DATA FOR REVIEW:
• • • • •
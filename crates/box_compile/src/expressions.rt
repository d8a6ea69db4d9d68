//! The code of expressions. The functions of the forms are never inlined, so that a level of depth takes little of the stack.
ghost use Rattle.std.specs.Prelude.{◌≡◌, ◌++◌, ◌+◌, ◌∷◌, [], length, None, Some, IfOk, OnOk};
ghost use Rattle.hume_model.specs.declared.core_tree.Expr.TheVariants as expr;
ghost use Rattle.box_code.specs.declared.instr.Instr.TheVariants.{Make};
ghost use Rattle.box_code.specs.Represents.{AllRepresent, ArmsStand, Represents};
ghost use Rattle.box_code.specs.Words.{path_of};
ghost use Rattle.box_compile.specs.inner.Arms.{ArmsBegin};
ghost use Rattle.box_compile.specs.inner.Emitted.{Emitted};
ghost use Rattle.box_compile.specs.inner.Entries.{entry_in};
ghost use Rattle.box_compile.specs.inner.Parts.{PartsThen};

use crate::counts::{count, plus};
use crate::leaves::{operation, scalar};
use crate::pattern_code::{depth, emit_pattern};
use crate::places::with_places;
use crate::sizes::{arm_words, arms_words, expression_words, pattern_words};
use crate::writer::Writer;
use box_code::Instr;
use hume_base::{Box, List, Ty};
use hume_model::{Expr, Forms, NO_CASE, Op, PatC};
use std::alloc::{AllocError, Global};

/// The code of an expression whose variables have these places on a stack of so many words. `entries` has where functions begin.
#[cycle(expression)]
pub(crate) fn emit_expression(
    alloc: Global,
    writer: &mut Writer,
    entries: &[Option<u32>],
    places: &List<u32>,
    high: u32,
    e: &Expr,
) -> Result<(), AllocError>
    ensures { OnOk result (Emitted writer.old writer.new (λ code from to. Represents code (entry_in entries.now) places.now high from to e.now)) }
{
    match e {
        Expr::Word(word) => writer.emit(Instr::Push { word: *word }),
        Expr::Var(number) => emit_variable(writer, entries, places, high, *number),
        Expr::Con(tag, parts) => emit_object(
            alloc,
            writer,
            entries,
            places,
            high,
            *tag,
            parts.as_slice(),
        ),
        Expr::Tuple(parts) => emit_object(
            alloc,
            writer,
            entries,
            places,
            high,
            0,
            parts.as_slice(),
        ),
        Expr::Vect(parts) => emit_object(alloc, writer, entries, places, high, 0, parts.as_slice()),
        Expr::Prim(op, ty, parts) => {
            emit_operation(
                alloc,
                writer,
                entries,
                places,
                high,
                *op,
                ty,
                parts.as_slice(),
            )
        }
        Expr::Index(count, vector, place) => {
            emit_index(alloc, writer, entries, places, high, *count, vector, place)
        }
        Expr::Update(count, vector, place, item) => {
            emit_update(
                alloc, writer, entries, places, high, *count, vector, place, item,
            )
        }
        Expr::If(test, when_true, when_false) => {
            emit_choice(
                alloc, writer, entries, places, high, test, when_true, when_false,
            )
        }
        Expr::Case(part, forms, arms) => {
            emit_case(alloc, writer, entries, places, high, part, *forms, arms)
        }
        Expr::Let(part, body) => emit_binding(alloc, writer, entries, places, high, part, body),
        Expr::Call(number, parts) => {
            emit_call(
                alloc,
                writer,
                entries,
                places,
                high,
                *number,
                parts.as_slice(),
            )
        }
        Expr::Raise(exn, part) => emit_raise(alloc, writer, entries, places, high, *exn, part),
    }
}

fn emit_variable(
    writer: &mut Writer,
    entries: &[Option<u32>],
    places: &List<u32>,
    high: u32,
    number: u32,
) -> Result<(), AllocError>
    ensures { OnOk result (Emitted writer.old writer.new
        (λ code from to. Represents code (entry_in entries.now) places.now high from to (expr.Var number))) }
{
    match places.get(number as usize) {
        None => Err(AllocError),
        Some(place) => {
            let depth = depth(high, *place)?;
            writer.emit(Instr::Load { depth })
        }
    }
}

#[cycle(expression)]
#[inline(never)]
fn emit_object(
    alloc: Global,
    writer: &mut Writer,
    entries: &[Option<u32>],
    places: &List<u32>,
    high: u32,
    tag: u32,
    parts: &[Expr],
) -> Result<(), AllocError>
    ensures { OnOk result (Emitted writer.old writer.new
        (λ code from to. PartsThen code (entry_in entries.now) places.now high from to parts.now (Make tag (length parts.now)))) }
{
    let count = count(parts.len())?;
    emit_parts_then(
        alloc,
        writer,
        entries,
        places,
        high,
        parts,
        Instr::Make { tag, count },
    )
}

#[cycle(expression)]
#[inline(never)]
fn emit_operation(
    alloc: Global,
    writer: &mut Writer,
    entries: &[Option<u32>],
    places: &List<u32>,
    high: u32,
    op: Op,
    ty: &Ty,
    parts: &[Expr],
) -> Result<(), AllocError>
    ensures { OnOk result (Emitted writer.old writer.new
        (λ code from to. Represents code (entry_in entries.now) places.now high from to (expr.Prim op ty.now parts.now))) }
{
    let scalar = scalar(ty)?;
    emit_parts_then(
        alloc,
        writer,
        entries,
        places,
        high,
        parts,
        operation(op, scalar),
    )
}

#[cycle(expression)]
#[inline(never)]
fn emit_call(
    alloc: Global,
    writer: &mut Writer,
    entries: &[Option<u32>],
    places: &List<u32>,
    high: u32,
    number: u32,
    parts: &[Expr],
) -> Result<(), AllocError>
    ensures { OnOk result (Emitted writer.old writer.new
        (λ code from to. Represents code (entry_in entries.now) places.now high from to (expr.Call number parts.now))) }
{
    let to = entry(entries, number)?;
    let count = count(parts.len())?;
    emit_parts_then(
        alloc,
        writer,
        entries,
        places,
        high,
        parts,
        Instr::Call { to, count },
    )
}

// Where the function begins, if it stands in the code.
fn entry(entries: &[Option<u32>], number: u32) -> Result<u32, AllocError>
    ensures { IfOk result (λ place. entry_in entries.now number ≡ Some place) }
{
    match entries.get(number as usize) {
        None => Err(AllocError),
        Some(entry) => match entry {
            None => Err(AllocError),
            Some(place) => Ok(*place),
        },
    }
}

// The parts, and an instruction behind them.
#[cycle(expression)]
fn emit_parts_then(
    alloc: Global,
    writer: &mut Writer,
    entries: &[Option<u32>],
    places: &List<u32>,
    high: u32,
    parts: &[Expr],
    instr: Instr,
) -> Result<(), AllocError>
    requires { path_of instr ≡ None }
    ensures { OnOk result (Emitted writer.old writer.new
        (λ code from to. PartsThen code (entry_in entries.now) places.now high from to parts.now instr)) }
{
    emit_parts(alloc, writer, entries, places, high, parts)?;
    writer.emit(instr)
}

/// Parts, each above the words of those before it.
#[cycle(expression)]
pub(crate) fn emit_parts(
    alloc: Global,
    writer: &mut Writer,
    entries: &[Option<u32>],
    places: &List<u32>,
    high: u32,
    parts: &[Expr],
) -> Result<(), AllocError>
    ensures { OnOk result (Emitted writer.old writer.new
        (λ code from to. AllRepresent code (entry_in entries.now) places.now high from to parts.now)) }
{
    let count = count(parts.len())?;
    for i in 0..count {
        emit_expression(
            alloc,
            writer,
            entries,
            places,
            plus(high, i)?,
            &parts[i as usize],
        )?;
    }
    Ok(())
}

#[cycle(expression)]
#[inline(never)]
fn emit_index(
    alloc: Global,
    writer: &mut Writer,
    entries: &[Option<u32>],
    places: &List<u32>,
    high: u32,
    count: u32,
    vector: &Expr,
    place: &Expr,
) -> Result<(), AllocError>
    ensures { OnOk result (Emitted writer.old writer.new
        (λ code from to. Represents code (entry_in entries.now) places.now high from to (expr.Index count vector.now place.now))) }
{
    emit_expression(alloc, writer, entries, places, high, vector)?;
    emit_expression(alloc, writer, entries, places, plus(high, 1)?, place)?;
    writer.emit(Instr::Index { count })
}

#[cycle(expression)]
#[inline(never)]
fn emit_update(
    alloc: Global,
    writer: &mut Writer,
    entries: &[Option<u32>],
    places: &List<u32>,
    high: u32,
    count: u32,
    vector: &Expr,
    place: &Expr,
    item: &Expr,
) -> Result<(), AllocError>
    ensures { OnOk result (Emitted writer.old writer.new
        (λ code from to. Represents code (entry_in entries.now) places.now high from to (expr.Update count vector.now place.now item.now))) }
{
    emit_expression(alloc, writer, entries, places, high, vector)?;
    emit_expression(alloc, writer, entries, places, plus(high, 1)?, place)?;
    emit_expression(alloc, writer, entries, places, plus(high, 2)?, item)?;
    writer.emit(Instr::Update { count })
}

#[cycle(expression)]
#[inline(never)]
fn emit_choice(
    alloc: Global,
    writer: &mut Writer,
    entries: &[Option<u32>],
    places: &List<u32>,
    high: u32,
    test: &Expr,
    when_true: &Expr,
    when_false: &Expr,
) -> Result<(), AllocError>
    ensures { OnOk result (Emitted writer.old writer.new
        (λ code from to. Represents code (entry_in entries.now) places.now high from to (expr.If test.now when_true.now when_false.now))) }
{
    emit_expression(alloc, writer, entries, places, high, test)?;
    let first = plus(writer.len(), 1)?;
    let second = plus(first, plus(expression_words(when_true), 1)?)?;
    let to = plus(second, expression_words(when_false))?;
    writer.emit(Instr::JumpFalse { to: second })?;
    emit_expression(alloc, writer, entries, places, high, when_true)?;
    writer.emit(Instr::Jump { to })?;
    writer.reach(second)?;
    emit_expression(alloc, writer, entries, places, high, when_false)?;
    writer.reach(to)
}

#[cycle(expression)]
#[inline(never)]
fn emit_binding(
    alloc: Global,
    writer: &mut Writer,
    entries: &[Option<u32>],
    places: &List<u32>,
    high: u32,
    part: &Expr,
    body: &Expr,
) -> Result<(), AllocError>
    ensures { OnOk result (Emitted writer.old writer.new
        (λ code from to. Represents code (entry_in entries.now) places.now high from to (expr.Let part.now body.now))) }
{
    emit_expression(alloc, writer, entries, places, high, part)?;
    let inner = with_places(alloc, places, high, 1)?;
    emit_expression(alloc, writer, entries, &inner, plus(high, 1)?, body)?;
    writer.emit(Instr::Slide { count: 1 })
}

#[cycle(expression)]
#[inline(never)]
fn emit_raise(
    alloc: Global,
    writer: &mut Writer,
    entries: &[Option<u32>],
    places: &List<u32>,
    high: u32,
    exn: u32,
    part: &Option<Box<Expr>>,
) -> Result<(), AllocError>
    ensures { OnOk result (Emitted writer.old writer.new
        (λ code from to. Represents code (entry_in entries.now) places.now high from to (expr.Raise exn part.now))) }
{
    match part {
        None => {
            writer.emit(Instr::Push { word: 0 })?;
            writer.emit(Instr::Raise {
                exn,
                carried: false,
            })
        }
        Some(part) => {
            emit_expression(alloc, writer, entries, places, high, part)?;
            writer.emit(Instr::Raise { exn, carried: true })
        }
    }
}

// The part, and behind it the alternatives; what forms its values have doesn't matter.
#[cycle(expression)]
#[inline(never)]
fn emit_case(
    alloc: Global,
    writer: &mut Writer,
    entries: &[Option<u32>],
    places: &List<u32>,
    high: u32,
    part: &Expr,
    forms: Forms,
    arms: &List<(PatC, Expr)>,
) -> Result<(), AllocError>
    ensures { OnOk result (Emitted writer.old writer.new
        (λ code from to. Represents code (entry_in entries.now) places.now high from to (expr.Case part.now forms arms.now))) }
{
    emit_expression(alloc, writer, entries, places, high, part)?;
    emit_arms(alloc, writer, entries, places, high, arms.as_slice())
}

// The alternatives for the word that stands above so many others.
#[cycle(expression)]
#[inline(never)]
fn emit_arms(
    alloc: Global,
    writer: &mut Writer,
    entries: &[Option<u32>],
    places: &List<u32>,
    high: u32,
    arms: &[(PatC, Expr)],
) -> Result<(), AllocError>
    ensures { OnOk result (Emitted writer.old writer.new
        (λ code from to. ArmsStand code (entry_in entries.now) places.now high from to arms.now)) }
{
    let end = plus(writer.len(), arms_words(arms))?;
    for arm in arms {
        emit_arm(alloc, writer, entries, places, high, end, arm)?;
    }
    writer.emit(Instr::Raise {
        exn: NO_CASE,
        carried: false,
    })?;
    writer.reach(end)
}

// An alternative, which ends at a place.
#[cycle(expression)]
#[inline(never)]
fn emit_arm(
    alloc: Global,
    writer: &mut Writer,
    entries: &[Option<u32>],
    places: &List<u32>,
    high: u32,
    end: u32,
    arm: &(PatC, Expr),
) -> Result<(), AllocError>
    ensures { OnOk result (Emitted writer.old writer.new
        (λ code from to. ArmsBegin code (entry_in entries.now) places.now high end from to (arm.now ∷ []))) }
{
    let top = plus(high, 1)?;
    let words = arm_words(pattern_words(&arm.0, 0), expression_words(&arm.1));
    let other = plus(writer.len(), words)?;
    let variables = emit_pattern(alloc, writer, high, top, other, &arm.0)?;
    let inner = with_places(alloc, places, top, variables)?;
    emit_expression(
        alloc,
        writer,
        entries,
        &inner,
        plus(top, variables)?,
        &arm.1,
    )?;
    writer.emit(Instr::Slide {
        count: plus(1, variables)?,
    })?;
    writer.emit(Instr::Jump { to: end })?;
    writer.reach(other)
}
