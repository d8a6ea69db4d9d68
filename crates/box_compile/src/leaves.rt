//! Operations and scalar types as they stand in code.
ghost use Rattle.std.specs.Prelude.{◌≡◌, IfOk, None};
ghost use Rattle.box_code.specs.declared.instr.Instr.TheVariants.{Compare};
ghost use Rattle.box_code.specs.Machine.{type_of};
ghost use Rattle.box_code.specs.Represents.{instr_of_op};
ghost use Rattle.box_code.specs.Words.{path_of};

use box_code::{Comparison, Instr, Scalar};
use hume_base::Ty;
use hume_model::Op;
use std::alloc::AllocError;

/// The type as a scalar type. Operations are at no other.
pub(crate) fn scalar(ty: &Ty) -> Result<Scalar, AllocError>
    ensures { IfOk result (λ scalar. ty.now ≡ type_of scalar) }
{
    match ty {
        Ty::Bool => Ok(Scalar::Bool),
        Ty::Char => Ok(Scalar::Char),
        Ty::Int(bits) => Ok(Scalar::Int(*bits)),
        Ty::Nat(bits) => Ok(Scalar::Nat(*bits)),
        _ => Err(AllocError),
    }
}

/// The instruction for an operation.
pub(crate) fn operation(op: Op, ty: Scalar) -> Instr
    ensures same { result ≡ instr_of_op op ty }
    ensures path { path_of result ≡ None }
{
    match op {
        Op::Add => Instr::Add { ty },
        Op::Sub => Instr::Sub { ty },
        Op::Mul => Instr::Mul { ty },
        Op::Div => Instr::Div { ty },
        Op::Mod => Instr::Mod { ty },
        Op::Neg => Instr::Neg { ty },
        Op::Not => Instr::Not,
        Op::Convert => Instr::Convert { ty },
        Op::Eq => compare(Comparison::Eq, ty),
        Op::Ne => compare(Comparison::Ne, ty),
        Op::Lt => compare(Comparison::Lt, ty),
        Op::Le => compare(Comparison::Le, ty),
        Op::Gt => compare(Comparison::Gt, ty),
        Op::Ge => compare(Comparison::Ge, ty),
    }
}

fn compare(comparison: Comparison, ty: Scalar) -> Instr
    ensures { result ≡ Compare comparison ty }
{
    Instr::Compare { comparison, ty }
}
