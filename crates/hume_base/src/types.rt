//! Types and values.
use crate::list::List;
use crate::shared::Shared;
use crate::text::Text;

/// A type.
#[derive(Drop)]
pub enum Ty {
    Bool,
    Char,
    /// Whole numbers of so many bits, of either sign.
    Int(u8),
    /// Whole numbers of so many bits from 0 on.
    Nat(u8),
    Tuple(List<Shared<Ty>>),
    /// So many elements of one type.
    Vector(u32, Shared<Ty>),
    /// A data type, by its number.
    Named(u32),
}

/// A value.
#[derive(Debug, PartialEq, Eq, Drop)]
pub enum Value {
    /// A `bool` as 0 or 1, a `char` as its byte, a `nat` as itself, an `int` in two's complement extended to 64 bits.
    Word(u64),
    Tuple(List<Value>),
    Vector(List<Value>),
    /// A constructor, by its place in its data type, with its fields.
    Con(u32, List<Value>),
}

/// A constructor of a data type.
#[derive(Drop)]
pub struct ConDef {
    pub name: Text,
    pub fields: List<Shared<Ty>>,
}

/// A data type.
#[derive(Drop)]
pub struct SumDef {
    pub name: Text,
    pub cons: List<ConDef>,
    /// The size of its values in words, at most 1,025.
    pub words: u32,
}

/// The data types, each of which holds only those of smaller numbers.
#[derive(Drop)]
pub struct Types {
    pub sums: List<SumDef>,
}
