//! The code of rules and handlers, and the programs of boxes.
ghost use Rattle.std.specs.Prelude.{◌≡◌, ◌<◌, ◌==◌, ℕ, [], map, Option, IfOk, OnOk, IsTrue, MatchOption, None, Some, find};
ghost use Rattle.std.specs.Option.{unwrap_or};
ghost use Rattle.hume_model.specs.declared.core_tree.HandC.{HandC as Handler};
ghost use Rattle.hume_model.specs.BoxTyping.{port_types};
ghost use Rattle.box_costs.specs.Bounds.{box_bound};
ghost use Rattle.box_code.specs.Represents.{BoundResultStands, FunctionsStand, HandlerStands, RuleStands, handler_spots};
ghost use Rattle.box_code.specs.RepresentsBox.{RepresentsBox, handler_of};
ghost use Rattle.box_compile.specs.inner.Boxes.{BoxWritten, HandlersFound, RulesFound, HandlerFound};
ghost use Rattle.box_compile.specs.inner.Emitted.{Emitted};
ghost use Rattle.box_compile.specs.inner.Entries.{entry_in};

use crate::counts::{count, plus};
use crate::finding::find_in_rule;
use crate::functions::emit_functions;
use crate::needed::needed_functions;
use crate::pattern_code::emit_fields;
use crate::places::counted_places;
use crate::results::emit_result;
use crate::sizes::box_words;
use crate::spots::Spot;
use crate::writer::Writer;
use box_code::BoxProgram;
use hume_base::{List, Ty, copy_ty};
use hume_model::{BoxC, Core, HandC, PortC, Res, RuleC};
use std::alloc::{AllocError, Global};

/// The program of a box, with the bounds that it has.
pub(crate) fn box_program(
    alloc: Global,
    core: &Core,
    b: &BoxC,
    heap: u32,
    stack: u32,
    work: u32,
) -> Result<BoxProgram, AllocError>
    requires heap { heap ≡ (box_bound core.now b.now).heap }
    requires stack { stack ≡ (box_bound core.now b.now).stack }
    requires work { work ≡ (box_bound core.now b.now).work }
    ensures { IfOk result (RepresentsBox core.now b.now) }
{
    let exceptions = count(core.exns.len())?;
    if !are_known(b.handlers.as_slice(), exceptions) {
        return Err(AllocError);
    }
    let outs = types_of(alloc, b.outs.as_slice())?;
    let mut functions = write_functions(alloc, core, b)?;
    let entries = functions.entries.as_slice();
    let begins = emit_box(alloc, &mut functions.writer, entries, b, exceptions)?;
    Ok(BoxProgram {
        code: functions.writer.into_code(),
        rules: begins.rules,
        handlers: begins.handlers,
        heap,
        stack,
        work,
        outs,
    })
}

// A code that has the functions which a box needs, and where each of them begins.
#[derive(Drop)]
struct Functions {
    writer: Writer,
    entries: List<Option<u32>>,
}

fn write_functions(alloc: Global, core: &Core, b: &BoxC) -> Result<Functions, AllocError>
    ensures { IfOk result (λ functions. Emitted [] functions.writer (λ code from to. FunctionsStand code (entry_in functions.entries) core.now)) }
{
    let needed = needed_functions(alloc, core, b)?;
    let mut writer = Writer::make(alloc, box_words(core, b, &needed))?;
    let entries = emit_functions(alloc, &mut writer, core, &needed)?;
    Ok(Functions { writer, entries })
}

// Where the rules and the handlers of a box begin.
#[derive(Drop)]
struct Beginnings {
    rules: List<u32>,
    handlers: List<u32>,
}

// The code of the rules and handlers of a box, where there are so many exceptions.
fn emit_box(
    alloc: Global,
    writer: &mut Writer,
    entries: &[Option<u32>],
    b: &BoxC,
    exceptions: u32,
) -> Result<Beginnings, AllocError>
    ensures { IfOk result (λ begins. BoxWritten writer.old writer.new (entry_in entries.now) b.now begins.rules begins.handlers exceptions) }
{
    let rules = emit_rules(alloc, writer, entries, b.rules.as_slice())?;
    let found = emit_handlers(alloc, writer, entries, b, exceptions)?;
    let handlers = all_places(alloc, found.as_slice(), writer.len())?;
    Ok(Beginnings { rules, handlers })
}

// Whether each handler is for one of so many exceptions.
fn are_known(handlers: &[HandC], exceptions: u32) -> bool
    ensures { IsTrue result → (exn : ℕ) (handler : Handler) → find (λ (handler : Handler). handler.exn == exn) handlers.now ≡ Some handler → exn < exceptions }
{
    for handler in handlers {
        if handler.exn >= exceptions {
            return false;
        }
    }
    true
}

// The code of rules, and where each of them begins.
fn emit_rules(
    alloc: Global,
    writer: &mut Writer,
    entries: &[Option<u32>],
    rules: &[RuleC],
) -> Result<List<u32>, AllocError>
    ensures { IfOk result (λ places. Emitted writer.old writer.new (λ code from to. RulesFound code (entry_in entries.now) places rules.now)) }
{
    let mut places = List::new(alloc);
    for rule in rules {
        places.push(emit_rule(alloc, writer, entries, rule)?)?;
    }
    Ok(places)
}

fn emit_rule(
    alloc: Global,
    writer: &mut Writer,
    entries: &[Option<u32>],
    rule: &RuleC,
) -> Result<u32, AllocError>
    ensures { IfOk result (λ place. Emitted writer.old writer.new (λ code from to. RuleStands code (entry_in entries.now) rule.now place)) }
{
    let place = writer.len();
    let built = find_in_rule(alloc, rule.pats.as_slice())?;
    match emit_bound(
        alloc,
        writer,
        entries,
        built.count,
        built.found.spots.as_slice(),
        &rule.result,
    ) {
        Err(error) => Err(error),
        Ok(()) => Ok(place),
    }
}

// A word for each variable, found at a spot on a stack of so many words, and then the result.
fn emit_bound(
    alloc: Global,
    writer: &mut Writer,
    entries: &[Option<u32>],
    high: u32,
    spots: &[Spot],
    outcome: &Res,
) -> Result<(), AllocError>
    ensures { OnOk result (Emitted writer.old writer.new (λ code from to. BoundResultStands code (entry_in entries.now) high spots.now outcome.now from)) }
{
    let variables = count(spots.len())?;
    emit_fields(writer, high, spots)?;
    let places = counted_places(alloc, high, variables)?;
    emit_result(
        alloc,
        writer,
        entries,
        &places,
        plus(high, variables)?,
        outcome,
    )
}

// The code of the handlers, and for each of so many exceptions where the box's handler begins, if it has one.
fn emit_handlers(
    alloc: Global,
    writer: &mut Writer,
    entries: &[Option<u32>],
    b: &BoxC,
    exceptions: u32,
) -> Result<List<Option<u32>>, AllocError>
    ensures { IfOk result (λ found. Emitted writer.old writer.new
        (λ code from to. HandlersFound code (entry_in entries.now) b.now found exceptions)) }
{
    let mut found = List::new(alloc);
    for exn in 0..exceptions {
        let place = emit_for_exception(alloc, writer, entries, b.handlers.as_slice(), exn)?;
        found.push(place)?;
    }
    Ok(found)
}

fn handler_for(handlers: &[HandC], exn: u32) -> Option<&HandC>
    ensures { let found = find (λ (handler : Handler). handler.exn == exn) handlers.now in
        MatchOption result (found ≡ None) (λ handler. found ≡ Some handler.now) }
{
    for handler in handlers {
        if handler.exn == exn {
            return Some(handler);
        }
    }
    None
}

// The code of the box's handler for an exception, if it has one, and where it begins.
fn emit_for_exception(
    alloc: Global,
    writer: &mut Writer,
    entries: &[Option<u32>],
    handlers: &[HandC],
    exn: u32,
) -> Result<Option<u32>, AllocError>
    ensures { IfOk result (λ place. Emitted writer.old writer.new
        (λ code from to. HandlerFound code (entry_in entries.now) (find (λ (handler : Handler). handler.exn == exn) handlers.now) place)) }
{
    match handler_for(handlers, exn) {
        None => Ok(None),
        Some(handler) => match emit_handler(alloc, writer, entries, handler) {
            Err(error) => Err(error),
            Ok(place) => Ok(Some(place)),
        },
    }
}

fn emit_handler(
    alloc: Global,
    writer: &mut Writer,
    entries: &[Option<u32>],
    handler: &HandC,
) -> Result<u32, AllocError>
    ensures { IfOk result (λ place. Emitted writer.old writer.new (λ code from to. HandlerStands code (entry_in entries.now) handler.now place)) }
{
    let place = writer.len();
    let spots = spots_of_handler(alloc, handler)?;
    match emit_bound(alloc, writer, entries, 1, spots.as_slice(), &handler.result) {
        Err(error) => Err(error),
        Ok(()) => Ok(place),
    }
}

fn spots_of_handler(alloc: Global, handler: &HandC) -> Result<List<Spot>, AllocError>
    ensures { IfOk result (λ spots. spots ≡ handler_spots handler.now) }
{
    let mut spots = List::new(alloc);
    if handler.bound {
        spots.push(Spot::root(alloc, 0))?;
    }
    Ok(spots)
}

// The places, with the end of the code for those that aren't there.
fn all_places(alloc: Global, found: &[Option<u32>], end: u32) -> Result<List<u32>, AllocError>
    ensures { IfOk result (λ places. places ≡ map (λ (place : Option ℕ). unwrap_or place end) found.now) }
{
    let mut places = List::new(alloc);
    for place in found {
        places.push(place.unwrap_or(end))?;
    }
    Ok(places)
}

fn types_of(alloc: Global, ports: &[PortC]) -> Result<List<Ty>, AllocError>
    ensures { IfOk result (λ types. types ≡ port_types ports.now) }
{
    let mut types = List::new(alloc);
    for port in ports {
        types.push(copy_ty(alloc, &port.ty)?)?;
    }
    Ok(types)
}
• • • • •
WORK REQUEST:
Report each line of the material above where the word "Slide" appears.

WRITTEN SOLUTION:
    writer.emit(Instr::Slide { count: 1 })
    writer.emit(Instr::Slide {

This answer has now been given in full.